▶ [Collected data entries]
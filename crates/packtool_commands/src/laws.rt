//! Laws of what is printed that belong to no single call. Each is the contract of a function that
//! computes nothing: a call of it brings the law into a caller's proof.

ghost use Rattle.std.specs.Prelude.{◌≡◌, ◌≢◌, ◌++◌, ◌∷◌, [], false, ℕ, All, List, Option, Some, map};
ghost use Rattle.std.specs.Io.KnownBytes.{Appends};
ghost use Rattle.std.specs.List.{list_any};
ghost use Rattle.id_lookup.specs.Words.{KindDigits, ObjectId, hex_letter, id_digits};
ghost use Rattle.object_store.specs.Several.{limited_to};
ghost use Rattle.object_store.specs.Stores.{AreMatches, StoreView};
ghost use Rattle.packtool_commands.specs.Files.{escape_mark, escaped, file_line, is_special};
ghost use Rattle.packtool_commands.specs.Stores.{HasAnsweredMatches, found_text, limit_for, no_answer, prefix_of};
ghost use Rattle.packtool_commands.specs.declared.printing.Wanted.{Wanted};
ghost use Rattle.packtool_commands.specs.declared.printing.Wanted.TheVariants.{Bare};
ghost use Rattle.packtool_commands.specs.declared.printing.NoAnswer.{NoAnswer};
ghost use Rattle.streams.specs.Streams.{printed};

/// How a name is printed by [`write_named`](crate::write_named): with no line feed, so that no name
/// looks like a further line; and as it is if it has no byte that is escaped.
pub fn printed_names()
    ensures one_line { (name : List ℕ) → All (λ byte. byte ≢ 10)
        (escape_mark name ++ escaped name) }
    ensures plain { (name text : List ℕ) → list_any is_special name ≡ false
        → file_line name text ≡ name ++ text }
{}

/// The first two things that a prefix finds are enough if one is asked for: what is printed for
/// them, and why they are no answer, is the same as for all things that it finds.
pub fn two_are_enough<X>()
    ensures text { (text : List ℕ → X → List ℕ) (wanted : Wanted) (line : List ℕ)
        (found : List X) → found_text text wanted line (limited_to (limit_for wanted) found)
        ≡ found_text text wanted line found }
    ensures no_answer { (wanted : Wanted) (found : List X)
        → no_answer wanted (limited_to (limit_for wanted) found) ≡ no_answer wanted found }
{}

/// For one line that is a prefix, [`find_each`](crate::find_each) writes with
/// [`Wanted::Bare`](crate::Wanted::Bare) a line for each id of the store that begins with it, and
/// nothing else.
pub fn bare_is_printed<A>()
    ensures { (view : StoreView) (line : List ℕ) (prefix : KindDigits) (why : Option NoAnswer)
        (old new : Option (List ℕ)) → prefix_of view.kind line ≡ Some prefix
        → HasAnsweredMatches A Bare view (line ∷ []) why old new → (ids : List ObjectId)
        × AreMatches view prefix.digits ids × (why ≡ no_answer Bare ids)
        × Appends old new (printed hex_letter (map id_digits ids)) }
{}
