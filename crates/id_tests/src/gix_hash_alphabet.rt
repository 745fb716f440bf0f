//! Texts that are no ids and no prefixes: each reading call by one table of lengths, and letters
//! that are no digits.

use crate::expecting::{expect, tried};
use crate::gix_hash_prefix::beginning;
use crate::well_known::{BLOB_256, BLOB_256_ID};
use gix_hash::prefix::from_hex;
use gix_hash::{ChangeId, Kind, ObjectId, Prefix, decode};
use std::alloc::{AllocError, Global};
use std::process::Abort;

/// What a call returns.
#[derive(Clone, Copy, PartialEq)]
enum Reading {
    /// An id or a prefix of this kind, all of whose digits are 0.
    Zeros(Kind),
    /// The error for a text of another length than that of an id, with its length.
    BadLength,
    /// The error for too few bytes, with their number.
    TooShort,
    /// The error for too many bytes, with their number.
    TooLong,
    /// A byte is no digit.
    Invalid,
}

const ZEROS_41: &str = "00000000000000000000000000000000000000000";

const GS_41: &str = "ggggggggggggggggggggggggggggggggggggggggg";

const GS_65: &str = "ggggggggggggggggggggggggggggggggggggggggggggggggggggggggggggggggg";

use Reading::{BadLength, Invalid, TooLong, TooShort, Zeros};

// Numbers of digits 0, and what the calls return that read an id, a prefix of at least 4 digits,
// and one of at least 1.
const ROWS: [(usize, [Reading; 3]); 11] = [
    (0, [BadLength, TooShort, TooShort]),
    (1, [BadLength, TooShort, SHA1]),
    (3, [BadLength, TooShort, SHA1]),
    (4, [BadLength, SHA1, SHA1]),
    (39, [BadLength, SHA1, SHA1]),
    (40, [SHA1, SHA1, SHA1]),
    (41, [BadLength, SHA256, SHA256]),
    (63, [BadLength, SHA256, SHA256]),
    (64, [SHA256, SHA256, SHA256]),
    (65, [BadLength, TooLong, TooLong]),
    (70000, [BadLength, TooLong, TooLong]),
];

const SHA1: Reading = Zeros(Kind::Sha1);

const SHA256: Reading = Zeros(Kind::Sha256);

impl Reading {
    /// The result for as many letters that are no digits: lengths are tested first.
    fn without_digits(self) -> Reading {
        match self {
            Zeros(_) => Invalid,
            error => error,
        }
    }
}

fn repeated(alloc: Global, letter: char, len: usize) -> Result<String, AllocError> {
    let mut text = String::new(alloc);
    for _ in 0..len {
        text.push(letter)?;
    }
    Ok(text)
}

fn text_of(rt: &(impl Abort + AllocGlobal), letter: char, len: usize) -> String {
    repeated(rt.alloc(), letter, len).expect(rt, "no memory for a text")
}

// The result of reading an id, and the number of bytes in it.
fn expect_id(rt: &impl Abort, reading: Result<ObjectId, decode::Error>, len: usize, want: Reading) {
    let read = match reading {
        Ok(id) => {
            expect!(rt; id.is_null(), len);
            (Zeros(id.kind()), id.kind().len_in_hex())
        }
        Err(decode::Error::InvalidHexEncodingLength(found)) => (BadLength, found),
        Err(decode::Error::Invalid) => (Invalid, len),
    };
    expect!(rt; read == (want, len));
}

// The result of reading a prefix, and the number of bytes in it.
fn expect_prefix(
    rt: &impl Abort,
    reading: Result<Prefix, from_hex::Error>,
    len: usize,
    want: Reading,
) {
    let read = match reading {
        Ok(prefix) => {
            expect!(rt; prefix.as_oid().is_null(), len);
            (Zeros(prefix.as_oid().kind()), prefix.hex_len())
        }
        Err(from_hex::Error::TooShort { hex_len }) => (TooShort, hex_len),
        Err(from_hex::Error::TooLong { hex_len }) => (TooLong, hex_len),
        Err(from_hex::Error::Invalid) => (Invalid, len),
    };
    expect!(rt; read == (want, len));
}

// The calls that read hex.
fn expect_hex(rt: &impl Abort, text: &str, &[id, prefix, nonempty]: &[Reading; 3]) {
    let len = text.len();
    expect_id(rt, ObjectId::from_hex(text.as_bytes()), len, id);
    expect_prefix(rt, Prefix::from_hex(text), len, prefix);
    expect_prefix(rt, tried::<&str, Prefix>(text), len, prefix);
    expect_prefix(rt, Prefix::from_hex_nonempty(text), len, nonempty);
}

// The calls that read the letters `z` to `k`.
fn expect_reverse(rt: &impl Abort, text: &str, &[id, prefix, nonempty]: &[Reading; 3]) {
    let len = text.len();
    let read = match ChangeId::from_reverse_hex(text.as_bytes()) {
        Ok(change) => Ok(ObjectId::from(change)),
        Err(error) => Err(error),
    };
    expect_id(rt, read, len, id);
    expect_prefix(rt, Prefix::from_reverse_hex(text), len, prefix);
    expect_prefix(rt, Prefix::from_reverse_hex_nonempty(text), len, nonempty);
}

fn without_digits(&[id, prefix, nonempty]: &[Reading; 3]) -> [Reading; 3] {
    [
        id.without_digits(),
        prefix.without_digits(),
        nonempty.without_digits(),
    ]
}

// A text of that many letters, by the calls that read hex and by those that read `z` to `k`.
fn expect_repeated(
    rt: &(impl Abort + AllocGlobal),
    letter: char,
    len: usize,
    hex: &[Reading; 3],
    reverse: &[Reading; 3],
) {
    let text = text_of(rt, letter, len);
    expect_hex(rt, text.as_str(), hex);
    expect_reverse(rt, text.as_str(), reverse);
}

// In the alphabet of the other calls the texts have the same lengths, but no digits.
#[test]
fn each_length(rt: HostRuntime) {
    for (len, read) in &ROWS {
        let invalid = without_digits(read);
        expect_repeated(&rt, '0', *len, read, &invalid);
        expect_repeated(&rt, 'z', *len, &invalid, read);
    }
}

// Lengths are in bytes, and only the sixteen letters of an alphabet are digits: the Kelvin sign,
// whose lowercase is `k`, has three bytes.
#[test]
fn letters_that_are_no_digits(rt: HostRuntime) {
    for &(text, len, prefix, nonempty) in &[
        ("é", 2, TooShort, Invalid),
        ("éé", 4, Invalid, Invalid),
        ("+123", 4, Invalid, Invalid),
        ("abcg", 4, Invalid, Invalid),
        ("\u{212a}zzz", 6, Invalid, Invalid),
        (GS_65, 65, TooLong, TooLong),
    ] {
        expect_prefix(&rt, Prefix::from_hex(text), len, prefix);
        expect_prefix(&rt, Prefix::from_hex_nonempty(text), len, nonempty);
        expect_prefix(&rt, Prefix::from_reverse_hex(text), len, prefix);
        expect_prefix(&rt, Prefix::from_reverse_hex_nonempty(text), len, nonempty);
    }
}

#[test]
fn prefixes_of_a_given_kind(rt: HostRuntime) {
    for &(kind, text, hex_len, is_same) in &[
        (Kind::Sha256, "473a0f", 6, true),
        (Kind::Sha1, "473a0f", 6, false),
        (Kind::Sha256, BLOB_256, 64, true),
    ] {
        let prefix = beginning(&rt, &BLOB_256_ID, hex_len);
        let read = Prefix::from_hex_in(kind, text).expect(&rt, "a text that is no prefix");
        expect!(&rt; (read == prefix) == is_same, text);
    }
}

#[test]
fn no_prefixes_of_a_given_kind(rt: HostRuntime) {
    for &(text, len, want) in &[
        ("G", 1, Invalid),
        ("", 0, TooShort),
        (GS_41, 41, TooLong),
        (ZEROS_41, 41, TooLong),
    ] {
        expect_prefix(&rt, Prefix::from_hex_in(Kind::Sha1, text), len, want);
    }
}
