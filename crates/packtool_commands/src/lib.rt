//! The commands of `packtool`, over any store, reader, writer and allocator.
//!
//! For each line of a text ([`PrefixLines`]), [`find_each`] writes the ids of a store that begin
//! with it, [`locate_each`] the locations of these ids, and [`abbreviate_each`] the abbreviation of
//! the only one. [`abbreviate_all`] writes all ids after their abbreviations. If a pack index is
//! gone meanwhile, these four open the store again. [`write_abbreviated`] writes the lines of some
//! ids. [`show`] writes the lines of a pack index as `git show-index` does. [`open_index`] opens a
//! pack index. [`write_ending`] writes whether a file ends with its digest, [`write_pairing`]
//! whether a pack index belongs to the pack beside it, as [`pair`] finds, and [`write_named`]
//! another line of a file. These three escape names as `sha1sum` does. [`lossy_text`] tells a word
//! of the command line that is not UTF-8.
#![tactic(auto)]

mod abbreviating;
mod ending;
mod error;
mod escaping;
mod finding;
pub mod laws;
mod line_buffer;
mod line_end;
mod locating;
mod pairing;
mod prefixes;
mod printing;
mod reopening;
mod request;
mod showing;
mod words;

pub use abbreviating::{abbreviate_all, abbreviate_each, write_abbreviated};
pub use ending::write_ending;
pub use error::{FileError, StoreError};
pub use escaping::write_named;
pub use finding::find_each;
pub use locating::locate_each;
pub use pairing::{Pairing, pair, write_pairing};
pub use prefixes::{PrefixLines, prefix_in};
pub use printing::{NoAnswer, Wanted};
pub use request::{Ask, Question, StoreRequest};
pub use showing::{open_index, show};
pub use words::lossy_text;
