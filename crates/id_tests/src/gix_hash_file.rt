//! Digests of files.

use crate::expecting::{expect, expect_io, expect_outcome};
use crate::gix_hash_stream::{ABC, ABC_256, EMPTY};
use crate::listeners::{Asked, Call, Heard};
use crate::opening::Opening;
use gix_hash::io::{Never, NoProgress};
use gix_hash::{Kind, bytes_of_file};
use std::fs;
use std::io::ErrorKind;
use std::path::Path;
use std::process::Abort;
use std::rt::Files;
use test_devices::KINDS;

const FILE: &str = "six_bytes_to_be_hashed";

fn write_file(rt: &(impl Abort + Files), name: &str, bytes: &[u8]) {
    fs::write(rt, name, bytes).expect(rt, "a file is not written");
}

fn remove_file(rt: &(impl Abort + Files), name: &str) {
    fs::remove_file(rt, name).expect(rt, "a file is not removed");
}

// The digest of the first bytes of the file, which is opened once.
fn expect_first_bytes(
    rt: &(impl Abort + Files + AllocGlobal),
    num_bytes: u64,
    kind: Kind,
    want: &str,
) {
    let files = Opening::new(rt);
    let path = Path::new(FILE);
    let id = bytes_of_file(&files, path, num_bytes, kind, &mut NoProgress, &mut Never);
    expect_outcome(rt, id, want);
    expect!(rt; files.times() == 1, num_bytes);
}

// The last by sha1sum.
#[test]
fn first_bytes_of_a_file(rt: HostRuntime) {
    write_file(&rt, FILE, b"abcdef");
    for &(num_bytes, kind, want) in &[
        (0, Kind::Sha1, EMPTY),
        (3, Kind::Sha1, ABC),
        (3, Kind::Sha256, ABC_256),
        (6, Kind::Sha1, "1f8ac10f23c5b5bc1167bda84b833e5c057a77d2"),
    ] {
        expect_first_bytes(&rt, num_bytes, kind, want);
    }
    remove_file(&rt, FILE);
}

// The file gives no digest because a call on it fails. It was opened once.
fn expect_failure<F: Files>(
    rt: &(impl Abort + AllocGlobal),
    files: &Opening<'_, F>,
    name: &str,
    num_bytes: u64,
    kind: ErrorKind,
    calls: &[Call],
) {
    let mut heard = Heard::new();
    let mut asked = Asked::stopping_at(1);
    let path = Path::new(name);
    let outcome = bytes_of_file(files, path, num_bytes, Kind::Sha1, &mut heard, &mut asked);
    expect_io(rt, outcome, kind);
    heard.expect(rt, calls);
    expect!(rt; (asked.times, files.times()) == (0, 1), name);
}

// If opening fails, its error is returned, of whatever kind and however few bytes are asked for.
fn expect_not_opened(rt: &(impl Abort + Files + AllocGlobal), num_bytes: u64) {
    for &kind in &KINDS {
        let failing = Opening::failing(rt, kind);
        expect_failure(rt, &failing, "not_a_directory", num_bytes, kind, &[]);
    }
    for &(name, kind) in &[
        ("no_file_of_that_name", ErrorKind::NotFound),
        ("", ErrorKind::NotFound),
        ("not_a_directory/file", ErrorKind::NotADirectory),
        ("a\0b", ErrorKind::InvalidInput),
    ] {
        expect_failure(rt, &Opening::new(rt), name, num_bytes, kind, &[]);
    }
}

#[test]
fn files_that_cannot_be_opened(rt: HostRuntime) {
    write_file(&rt, "not_a_directory", b"abc");
    expect_not_opened(&rt, 0);
    expect_not_opened(&rt, 3);
    remove_file(&rt, "not_a_directory");
}

fn expect_interrupted(rt: &(impl Abort + Files + AllocGlobal), name: &str) {
    let mut asked = Asked::stopping_at(1);
    let path = Path::new(name);
    let outcome = bytes_of_file(rt, path, 3, Kind::Sha1, &mut NoProgress, &mut asked);
    expect_outcome(rt, outcome, "Interrupted");
}

// A file of three bytes.
const ABC_FILE: &str = "three_bytes_to_be_hashed";

// A directory opens, and can't be read.
#[test]
fn files_that_give_no_digest(rt: HostRuntime) {
    write_file(&rt, ABC_FILE, b"abc");
    for &(name, num_bytes, kind) in &[
        (ABC_FILE, 4, ErrorKind::UnexpectedEof),
        (ABC_FILE, 70_000, ErrorKind::UnexpectedEof),
        (".", 1, ErrorKind::IsADirectory),
    ] {
        let calls = [Call::Init(Some(num_bytes))];
        expect_failure(&rt, &Opening::new(&rt), name, num_bytes, kind, &calls);
    }
    expect_interrupted(&rt, ABC_FILE);
    remove_file(&rt, ABC_FILE);
}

▶ [Directions for this task] Above are the records; from them, give again exactly the lines from the one containing "mod locating;" through the one containing "use std::path::Path;", both included.

▶ [Reply to the exercise]
mod locating;
mod pairing;
mod prefixes;
mod printing;
mod reopening;
mod request;
mod showing;
mod words;

pub use abbreviating::{abbreviate_all, abbreviate_each, write_abbreviated};
pub use ending::write_ending;
pub use error::{FileError, StoreError};
pub use escaping::write_named;
pub use finding::find_each;
pub use locating::locate_each;
pub use pairing::{Pairing, pair, write_pairing};
pub use prefixes::{PrefixLines, prefix_in};
pub use printing::{NoAnswer, Wanted};
pub use request::{Ask, Question, StoreRequest};
pub use showing::{open_index, show};
pub use words::lossy_text;
filename crates/id_tests/src/gix_hash_file.rt
//! Digests of files.

use crate::expecting::{expect, expect_io, expect_outcome};
use crate::gix_hash_stream::{ABC, ABC_256, EMPTY};
use crate::listeners::{Asked, Call, Heard};
use crate::opening::Opening;
use gix_hash::io::{Never, NoProgress};
use gix_hash::{Kind, bytes_of_file};
use std::fs;
use std::io::ErrorKind;
use std::path::Path;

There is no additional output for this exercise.